My wife leaves for work at four o’clock in the morning so I’m up pretty early. Then I have two daughters I take care of and I get them going at roughly five to six-thirty. Then grandma comes over and takes care of the kids and I go to work. I make sure I have all the mechanics ready to go, all the materials we’re working with ready to go, I make sure the riding facility is ready to go, and coordinate with the riders. A lot of that can get accomplished during the standard two-hour drive to the test track. Then you get to the track and we usually have something or another to test during the day, but obviously at the same time we’re trying to get the riders through their motos, which they have to accomplish each day. When that’s concluded it’s the drive back. We prep the bikes, which is a process in itself, and do it all over again the next day.
So you begin the day with a grind, then you go grind, then you finish it all off with a grind.
Yes.
You’re totally committed, even after all these years in this sport.
If you’re going to be involved in this sport you have to be completely committed. There is no halfway, it’s not possible. You have to be all in.
Well, not everyone thinks like that. You obviously care about the progression of the team.
Well we’re a team with passion. We try to keep it subdued as much as possible because for whatever reason it’s perceived incorrectly from the outside. We have to keep a low posture, but all of us are burning inside to get to the top of the podium. That’s our ambition.
You mentioned things can get viewed the wrong way. The team, maybe five years ago or so, was perceived somewhat as an outlaw team. Not so much these days. Is keeping a low posture the difference in the perception of the team?
When you come in with an attitude of, ‘Were going to do whatever it takes to win, get out of the way,’ people don’t like it. They don’t like that approach, it’s too strong for them. They don’t respect it. You can have that passion and that attitude, but you have to keep it subdued. At the end of the day in this sport, a lot of it has to do with whether you’re liked or not liked. So you have to keep it in check. That means we have to go about our program quietly and methodically. As long as we can do that and keep progressing, we’re going to inch our way nearer to our objective, which is winning the race.
The way the team is looked at now, that’s got to be something the owner, Mike Genova, is proud of after breaking with the OEMs years ago. Getting to where the team is at now, with Honda support and everything, couldn’t have been easy.
Before I got here the team was a non-branded bike team.

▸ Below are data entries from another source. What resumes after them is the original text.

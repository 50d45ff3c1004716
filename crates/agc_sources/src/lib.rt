//! The lines of a program's source beside what a run prints: read from the listing that `agc-study weave --write-listing`
//! writes, compared with the rope that runs, and put behind each printed line that has a place.
#![tactic(auto)]

mod fault;
mod listing;
mod printed_place;
mod source_lines;
mod source_text;
mod source_writer;

pub use fault::{Apart, SourceLinesFault};
pub use printed_place::PrintedLine;
pub use source_lines::{SourceLines, read_source_lines};
pub use source_text::push_with_sources;
pub use source_writer::SourceWriter;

Mike Genova, who runs the team, didn’t feel good about advertising a brand that wasn’t supporting the team, which is understandable. But at the same time you have to look at it from the manufacturer’s perspective too. How can they support someone who isn’t supporting them? It’s like two heads butting against each other and somewhere you kind of have to give in a little bit. It’s way better for us to be a supported team with American Honda, and to be looked at as their satellite 450 team. Overall it’s a better place to be.
Your days are long, and the last ten years haven’t been inexpensive for Mike [Genova]. Let’s close with talking about the motivation that keeps this whole thing going.

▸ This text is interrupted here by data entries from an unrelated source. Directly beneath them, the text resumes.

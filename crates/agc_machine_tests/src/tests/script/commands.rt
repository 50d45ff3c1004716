//! Tests the commands: what they mean, and the numbers that they accept.
use super::*;

#[test]
fn commands(rt: HostRuntime) {
    let file = b"0 key VERB
1 pro down
2 pro up
3 input 777 77777
4 pulse 24 pinc
5 pulse 60 shanc
6 raise 010
7 poke 7 377 40000
1000000000000 poke 0 10 000000";
    let input = What::Input {
        channel: 0o777,
        value: Narrow::with_bits(0o77777),
    };
    lists(
        &rt,
        file,
        &[
            key(0, Key::Verb),
            event(1, What::Pro(true)),
            event(2, What::Pro(false)),
            event(3, input),
            pulse(4, 0o24, Pulse::Pinc),
            pulse(5, 0o60, Pulse::Shanc),
            raise(6, 10),
            poke(7, 7, 0o377, Narrow::with_bits(0o40000)),
            poke(LAST_CYCLE, 0, 0o10, Narrow::PLUS_ZERO),
        ],
    );
}

fn pulse(cycle: u64, counter: u16, kind: Pulse) -> Event {
    event(cycle, What::Pulse { counter, kind })
}

fn poke(cycle: u64, bank: u8, offset: u16, value: Narrow) -> Event {
    let what = What::Poke {
        bank,
        offset,
        value,
    };
    event(cycle, what)
}

/// The events from a place on: from the first, from the last, and past it.
#[test]
fn events_from_a_place(rt: HostRuntime) {
    let script = parse(&rt, b"1 raise 1\n2 raise 2");
    equal(&rt, script.rest(0), &[raise(1, 1), raise(2, 2)]);
    equal(&rt, script.rest(1), &[raise(2, 2)]);
    assert!(rt; script.rest(2).is_empty());
    assert!(rt; script.rest(3).is_empty());
}

/// Each kind of pulse by its name.
#[test]
fn pulse_kinds(rt: HostRuntime) {
    lists(&rt, b"0 pulse 45 pinc", &[pulse(0, 0o45, Pulse::Pinc)]);
    lists(&rt, b"0 pulse 45 minc", &[pulse(0, 0o45, Pulse::Minc)]);
    lists(&rt, b"0 pulse 45 pcdu", &[pulse(0, 0o45, Pulse::Pcdu)]);
    lists(&rt, b"0 pulse 45 mcdu", &[pulse(0, 0o45, Pulse::Mcdu)]);
    lists(&rt, b"0 pulse 45 shinc", &[pulse(0, 0o45, Pulse::Shinc)]);
    lists(&rt, b"0 pulse 45 shanc", &[pulse(0, 0o45, Pulse::Shanc)]);
}

/// The first and the last number of each range, and their neighbours.
#[test]
fn ranges(rt: HostRuntime) {
    accepts(
        &rt,
        &[
            b"0 input 5 0\n0 input 777 77777",
            b"0 pulse 24 pinc\n0 pulse 60 pinc",
            b"0 raise 1\n0 raise 10",
            b"0 poke 0 10 0\n0 poke 0 377 77777\n0 poke 1 0 0\n0 poke 7 377 77777",
        ],
    );
    let inputs = b"0 input 0 0; 0 input 4 0; 0 input 1000 0; 0 input 5 100000";
    refuses_each(&rt, FaultKind::OutOfRange, inputs);
    let others = b"0 pulse 23 pinc; 0 pulse 61 pinc; 0 raise 0; 0 raise 11";
    refuses_each(&rt, FaultKind::OutOfRange, others);
    let pokes = b"0 poke 0 7 0; 0 poke 0 400 0; 0 poke 10 0 0; 0 poke 7 400 0; 0 poke 1 0 100000";
    refuses_each(&rt, FaultKind::OutOfRange, pokes);
}

/// How many digits a number may have, and which bytes are digits.
#[test]
fn numbers(rt: HostRuntime) {
    accepts(
        &rt,
        &[
            b"0000000000005 raise 000010\n5 input 000777 077777",
            b"every 0000000000001 0000000000000 0000000000002 raise 1",
        ],
    );
    let cycles = b"00000000000005 raise 1; 9999999999999 raise 1; -1 raise 1; 1.0 raise 1; raise 1";
    refuses_each(&rt, FaultKind::BadCycle, cycles);
    let raised = b"0 raise 0000010; 0 raise -1; 0 raise a";
    refuses_each(&rt, FaultKind::BadNumber, raised);
    let octal = b"0 input 0000777 0; 0 input 30 8; 0 pulse 38 pinc; 0 poke 1 0o10 0";
    refuses_each(&rt, FaultKind::BadNumber, octal);
}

There’s a certain amount of pride that goes with what we’re doing. We’re proud of our riders, we’re proud of our team, we’re proud of our look, and we’re proud of the results we’ve been able to produce. That’s a big part of our motivation. We’re really proud of who we are as a team. We stand together, all of us. Mechanics, truck drivers, riders, myself, everyone. We’re united and we’re all striving for the same goal, which is to be the best that we can all be. And you’re always chasing that dream, right? The dream of being the best. It’s not something I’ve ever lost. Since my kids were minibike riders, it’s always been about chasing the dream and to be the best. That’s the pursuit. We haven’t lost it and we’ll continue to stand together and strive.